* _Records for this task_:
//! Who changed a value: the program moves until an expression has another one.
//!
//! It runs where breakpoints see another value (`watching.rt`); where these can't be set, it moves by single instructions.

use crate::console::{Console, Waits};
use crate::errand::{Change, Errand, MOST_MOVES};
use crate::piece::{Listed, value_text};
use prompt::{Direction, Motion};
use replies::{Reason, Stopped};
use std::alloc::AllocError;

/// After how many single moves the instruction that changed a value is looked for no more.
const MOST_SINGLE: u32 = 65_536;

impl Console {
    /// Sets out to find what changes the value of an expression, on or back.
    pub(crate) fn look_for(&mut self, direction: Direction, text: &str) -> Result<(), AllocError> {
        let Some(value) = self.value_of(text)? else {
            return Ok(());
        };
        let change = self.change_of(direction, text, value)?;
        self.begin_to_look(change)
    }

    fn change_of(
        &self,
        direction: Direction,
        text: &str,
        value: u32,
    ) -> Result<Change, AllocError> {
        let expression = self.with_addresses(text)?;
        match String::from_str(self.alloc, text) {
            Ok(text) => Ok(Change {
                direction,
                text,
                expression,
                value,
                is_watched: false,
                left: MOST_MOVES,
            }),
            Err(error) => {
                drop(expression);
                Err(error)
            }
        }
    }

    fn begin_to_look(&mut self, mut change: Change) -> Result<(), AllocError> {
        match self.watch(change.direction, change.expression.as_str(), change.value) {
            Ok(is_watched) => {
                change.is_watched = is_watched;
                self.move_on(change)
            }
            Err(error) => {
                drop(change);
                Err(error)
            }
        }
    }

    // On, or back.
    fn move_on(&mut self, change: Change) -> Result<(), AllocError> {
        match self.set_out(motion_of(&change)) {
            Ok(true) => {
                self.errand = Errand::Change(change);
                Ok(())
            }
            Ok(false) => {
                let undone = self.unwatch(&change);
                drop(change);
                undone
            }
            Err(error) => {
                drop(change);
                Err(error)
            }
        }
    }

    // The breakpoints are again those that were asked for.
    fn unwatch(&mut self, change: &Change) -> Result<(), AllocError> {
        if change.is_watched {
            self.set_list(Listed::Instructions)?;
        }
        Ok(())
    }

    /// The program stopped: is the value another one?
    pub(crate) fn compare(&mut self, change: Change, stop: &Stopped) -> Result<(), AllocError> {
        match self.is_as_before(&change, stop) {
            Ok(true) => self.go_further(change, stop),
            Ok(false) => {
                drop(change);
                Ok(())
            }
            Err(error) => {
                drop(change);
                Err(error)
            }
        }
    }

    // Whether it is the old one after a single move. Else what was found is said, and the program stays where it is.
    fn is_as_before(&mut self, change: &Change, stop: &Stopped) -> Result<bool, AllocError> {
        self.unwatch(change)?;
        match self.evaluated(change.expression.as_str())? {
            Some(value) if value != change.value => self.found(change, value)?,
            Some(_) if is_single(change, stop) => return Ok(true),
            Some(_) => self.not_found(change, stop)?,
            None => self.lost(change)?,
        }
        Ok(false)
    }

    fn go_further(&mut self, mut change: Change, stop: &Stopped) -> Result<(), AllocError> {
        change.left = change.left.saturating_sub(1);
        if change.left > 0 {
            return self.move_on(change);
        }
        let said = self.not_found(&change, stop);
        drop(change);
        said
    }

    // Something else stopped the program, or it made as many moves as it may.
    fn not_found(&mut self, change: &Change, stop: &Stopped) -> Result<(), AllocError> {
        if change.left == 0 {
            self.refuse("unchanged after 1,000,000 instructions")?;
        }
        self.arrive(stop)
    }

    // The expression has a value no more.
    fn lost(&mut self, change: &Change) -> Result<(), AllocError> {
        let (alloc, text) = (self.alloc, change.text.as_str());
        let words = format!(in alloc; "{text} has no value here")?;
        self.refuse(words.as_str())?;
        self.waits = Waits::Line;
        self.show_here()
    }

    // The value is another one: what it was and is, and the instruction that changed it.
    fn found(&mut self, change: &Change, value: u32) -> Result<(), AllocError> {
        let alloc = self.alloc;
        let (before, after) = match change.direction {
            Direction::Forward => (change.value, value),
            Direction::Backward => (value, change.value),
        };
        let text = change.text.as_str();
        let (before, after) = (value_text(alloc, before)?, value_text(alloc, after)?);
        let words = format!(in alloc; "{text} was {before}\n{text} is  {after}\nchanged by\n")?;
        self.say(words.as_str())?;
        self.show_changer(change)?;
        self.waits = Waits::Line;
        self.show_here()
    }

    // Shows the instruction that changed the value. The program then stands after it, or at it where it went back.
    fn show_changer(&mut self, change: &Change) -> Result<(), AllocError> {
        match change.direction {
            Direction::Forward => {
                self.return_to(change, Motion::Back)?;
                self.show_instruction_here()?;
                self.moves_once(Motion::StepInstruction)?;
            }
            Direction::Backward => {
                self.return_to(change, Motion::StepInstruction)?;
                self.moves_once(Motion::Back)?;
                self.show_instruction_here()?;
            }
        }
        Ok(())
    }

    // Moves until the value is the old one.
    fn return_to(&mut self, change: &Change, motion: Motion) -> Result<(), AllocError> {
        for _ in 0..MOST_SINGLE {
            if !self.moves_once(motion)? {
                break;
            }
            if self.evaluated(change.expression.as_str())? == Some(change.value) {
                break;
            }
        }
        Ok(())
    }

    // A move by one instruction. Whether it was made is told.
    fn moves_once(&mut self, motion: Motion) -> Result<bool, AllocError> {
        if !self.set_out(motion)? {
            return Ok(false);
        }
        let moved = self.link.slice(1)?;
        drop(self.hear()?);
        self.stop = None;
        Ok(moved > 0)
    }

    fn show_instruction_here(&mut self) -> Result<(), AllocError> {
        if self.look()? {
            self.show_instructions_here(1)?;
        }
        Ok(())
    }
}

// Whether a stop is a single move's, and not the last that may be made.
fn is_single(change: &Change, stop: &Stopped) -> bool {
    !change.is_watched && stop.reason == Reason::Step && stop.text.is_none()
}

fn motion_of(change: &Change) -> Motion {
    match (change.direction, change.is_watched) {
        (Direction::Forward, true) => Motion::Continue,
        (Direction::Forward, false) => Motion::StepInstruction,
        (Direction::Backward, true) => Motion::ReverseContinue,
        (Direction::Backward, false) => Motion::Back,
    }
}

--

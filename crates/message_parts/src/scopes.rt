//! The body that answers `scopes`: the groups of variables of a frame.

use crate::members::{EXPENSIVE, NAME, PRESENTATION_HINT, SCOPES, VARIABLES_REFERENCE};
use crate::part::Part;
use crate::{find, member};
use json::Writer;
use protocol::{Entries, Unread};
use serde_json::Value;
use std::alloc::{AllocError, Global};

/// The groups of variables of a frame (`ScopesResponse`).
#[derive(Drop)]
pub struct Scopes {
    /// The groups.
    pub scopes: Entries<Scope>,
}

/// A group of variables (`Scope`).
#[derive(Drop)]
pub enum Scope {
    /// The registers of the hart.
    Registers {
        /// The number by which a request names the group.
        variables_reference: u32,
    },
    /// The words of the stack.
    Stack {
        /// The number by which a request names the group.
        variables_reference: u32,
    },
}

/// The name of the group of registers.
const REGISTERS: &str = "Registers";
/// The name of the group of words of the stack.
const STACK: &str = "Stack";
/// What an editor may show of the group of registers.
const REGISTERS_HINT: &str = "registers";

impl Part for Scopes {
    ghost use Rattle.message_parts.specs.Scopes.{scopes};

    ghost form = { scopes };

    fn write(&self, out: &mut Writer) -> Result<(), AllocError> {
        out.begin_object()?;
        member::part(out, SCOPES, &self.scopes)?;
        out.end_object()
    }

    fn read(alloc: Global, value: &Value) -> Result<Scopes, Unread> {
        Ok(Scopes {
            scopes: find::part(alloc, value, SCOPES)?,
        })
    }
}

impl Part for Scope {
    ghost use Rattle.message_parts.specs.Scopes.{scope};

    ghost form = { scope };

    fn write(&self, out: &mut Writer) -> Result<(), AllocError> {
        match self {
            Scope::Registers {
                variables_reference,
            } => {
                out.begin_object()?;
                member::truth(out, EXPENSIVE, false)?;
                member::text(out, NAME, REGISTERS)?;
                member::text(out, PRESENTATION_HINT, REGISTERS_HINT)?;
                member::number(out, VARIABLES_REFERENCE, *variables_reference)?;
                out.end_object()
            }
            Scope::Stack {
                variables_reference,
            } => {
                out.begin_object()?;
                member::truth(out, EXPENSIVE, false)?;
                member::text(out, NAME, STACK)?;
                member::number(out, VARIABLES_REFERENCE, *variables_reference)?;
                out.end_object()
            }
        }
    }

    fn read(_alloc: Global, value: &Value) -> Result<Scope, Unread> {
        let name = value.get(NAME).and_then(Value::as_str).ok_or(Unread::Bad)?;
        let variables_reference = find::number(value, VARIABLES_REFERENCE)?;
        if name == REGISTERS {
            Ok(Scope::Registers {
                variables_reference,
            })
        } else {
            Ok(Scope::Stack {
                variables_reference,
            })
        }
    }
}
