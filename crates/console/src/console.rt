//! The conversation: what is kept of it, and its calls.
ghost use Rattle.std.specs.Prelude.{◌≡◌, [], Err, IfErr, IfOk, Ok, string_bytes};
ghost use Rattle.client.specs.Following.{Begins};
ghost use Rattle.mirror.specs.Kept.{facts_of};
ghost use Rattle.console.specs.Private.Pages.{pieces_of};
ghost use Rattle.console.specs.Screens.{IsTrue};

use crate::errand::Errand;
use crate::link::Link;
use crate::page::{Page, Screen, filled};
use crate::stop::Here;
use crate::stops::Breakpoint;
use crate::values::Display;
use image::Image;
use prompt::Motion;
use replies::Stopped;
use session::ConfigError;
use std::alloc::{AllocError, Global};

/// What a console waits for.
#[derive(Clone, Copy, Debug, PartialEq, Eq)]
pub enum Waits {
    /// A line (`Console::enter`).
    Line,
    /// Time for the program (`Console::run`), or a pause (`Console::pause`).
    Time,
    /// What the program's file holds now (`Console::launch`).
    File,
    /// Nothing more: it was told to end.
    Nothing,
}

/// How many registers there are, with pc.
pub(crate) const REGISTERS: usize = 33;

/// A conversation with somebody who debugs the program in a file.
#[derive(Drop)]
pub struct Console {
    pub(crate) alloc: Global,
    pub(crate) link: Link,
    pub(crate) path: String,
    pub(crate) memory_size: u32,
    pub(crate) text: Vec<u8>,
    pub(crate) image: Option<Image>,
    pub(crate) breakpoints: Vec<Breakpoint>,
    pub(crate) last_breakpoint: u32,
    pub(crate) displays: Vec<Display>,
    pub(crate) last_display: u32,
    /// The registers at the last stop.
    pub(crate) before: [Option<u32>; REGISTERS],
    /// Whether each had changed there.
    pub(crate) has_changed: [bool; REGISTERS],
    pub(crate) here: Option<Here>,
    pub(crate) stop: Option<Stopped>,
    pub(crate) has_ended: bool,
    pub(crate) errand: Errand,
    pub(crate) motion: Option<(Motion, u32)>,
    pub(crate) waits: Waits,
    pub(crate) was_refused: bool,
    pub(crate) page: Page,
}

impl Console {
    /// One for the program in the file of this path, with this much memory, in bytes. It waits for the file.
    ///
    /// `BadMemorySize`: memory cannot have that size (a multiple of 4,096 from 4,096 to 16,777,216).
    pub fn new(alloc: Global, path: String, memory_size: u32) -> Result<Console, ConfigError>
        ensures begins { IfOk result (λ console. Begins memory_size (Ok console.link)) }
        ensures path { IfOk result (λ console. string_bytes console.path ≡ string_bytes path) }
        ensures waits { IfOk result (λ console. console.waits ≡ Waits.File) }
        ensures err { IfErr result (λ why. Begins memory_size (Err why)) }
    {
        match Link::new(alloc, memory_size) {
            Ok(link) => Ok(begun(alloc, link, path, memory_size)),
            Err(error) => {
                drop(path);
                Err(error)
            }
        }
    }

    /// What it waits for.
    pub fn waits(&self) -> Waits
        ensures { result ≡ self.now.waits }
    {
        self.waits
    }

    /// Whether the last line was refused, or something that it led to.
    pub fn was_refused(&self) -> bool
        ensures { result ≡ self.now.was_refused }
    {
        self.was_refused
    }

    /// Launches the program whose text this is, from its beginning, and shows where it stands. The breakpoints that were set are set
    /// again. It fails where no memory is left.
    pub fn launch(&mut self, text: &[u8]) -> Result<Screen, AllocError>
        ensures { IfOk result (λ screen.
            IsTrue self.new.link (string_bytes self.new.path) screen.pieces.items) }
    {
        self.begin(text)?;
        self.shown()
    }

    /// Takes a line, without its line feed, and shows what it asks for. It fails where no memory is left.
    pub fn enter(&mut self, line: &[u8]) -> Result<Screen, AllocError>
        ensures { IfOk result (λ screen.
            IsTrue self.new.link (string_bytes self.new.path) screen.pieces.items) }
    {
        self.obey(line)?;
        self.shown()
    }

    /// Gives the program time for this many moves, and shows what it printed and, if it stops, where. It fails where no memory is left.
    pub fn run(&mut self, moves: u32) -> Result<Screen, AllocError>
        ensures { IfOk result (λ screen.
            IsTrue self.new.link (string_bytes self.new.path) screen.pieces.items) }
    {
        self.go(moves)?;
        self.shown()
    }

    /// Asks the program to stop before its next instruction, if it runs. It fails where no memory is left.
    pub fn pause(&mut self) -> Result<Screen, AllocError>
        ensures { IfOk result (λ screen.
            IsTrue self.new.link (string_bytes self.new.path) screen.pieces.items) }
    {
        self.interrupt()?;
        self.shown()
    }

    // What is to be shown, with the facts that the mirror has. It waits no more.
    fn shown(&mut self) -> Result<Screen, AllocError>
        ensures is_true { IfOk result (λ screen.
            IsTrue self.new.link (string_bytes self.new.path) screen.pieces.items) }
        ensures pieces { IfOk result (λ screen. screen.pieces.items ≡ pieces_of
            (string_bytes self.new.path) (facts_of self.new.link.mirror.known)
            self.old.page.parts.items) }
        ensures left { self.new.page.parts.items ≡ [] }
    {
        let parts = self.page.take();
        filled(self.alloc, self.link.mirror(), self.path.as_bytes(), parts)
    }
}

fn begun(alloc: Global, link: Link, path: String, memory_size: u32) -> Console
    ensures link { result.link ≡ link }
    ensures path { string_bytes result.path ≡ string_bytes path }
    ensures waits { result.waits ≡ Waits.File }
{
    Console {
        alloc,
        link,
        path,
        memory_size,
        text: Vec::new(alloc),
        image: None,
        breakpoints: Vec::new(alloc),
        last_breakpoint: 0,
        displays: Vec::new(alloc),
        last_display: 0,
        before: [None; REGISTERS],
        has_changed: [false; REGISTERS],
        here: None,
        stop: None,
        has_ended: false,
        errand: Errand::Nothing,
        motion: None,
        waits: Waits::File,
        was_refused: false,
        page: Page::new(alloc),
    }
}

* _Problem requirements_: From the data above, output exactly the lines between the one containing "for the file." and the one containing "it waits for.", counting both of them.

* _Completed exercise_:
    /// One for the program in the file of this path, with this much memory, in bytes. It waits for the file.
    ///
    /// `BadMemorySize`: memory cannot have that size (a multiple of 4,096 from 4,096 to 16,777,216).
    pub fn new(alloc: Global, path: String, memory_size: u32) -> Result<Console, ConfigError>
        ensures begins { IfOk result (λ console. Begins memory_size (Ok console.link)) }
        ensures path { IfOk result (λ console. string_bytes console.path ≡ string_bytes path) }
        ensures waits { IfOk result (λ console. console.waits ≡ Waits.File) }
        ensures err { IfErr result (λ why. Begins memory_size (Err why)) }
    {
        match Link::new(alloc, memory_size) {
            Ok(link) => Ok(begun(alloc, link, path, memory_size)),
            Err(error) => {
                drop(path);
                Err(error)
            }
        }
    }

    /// What it waits for.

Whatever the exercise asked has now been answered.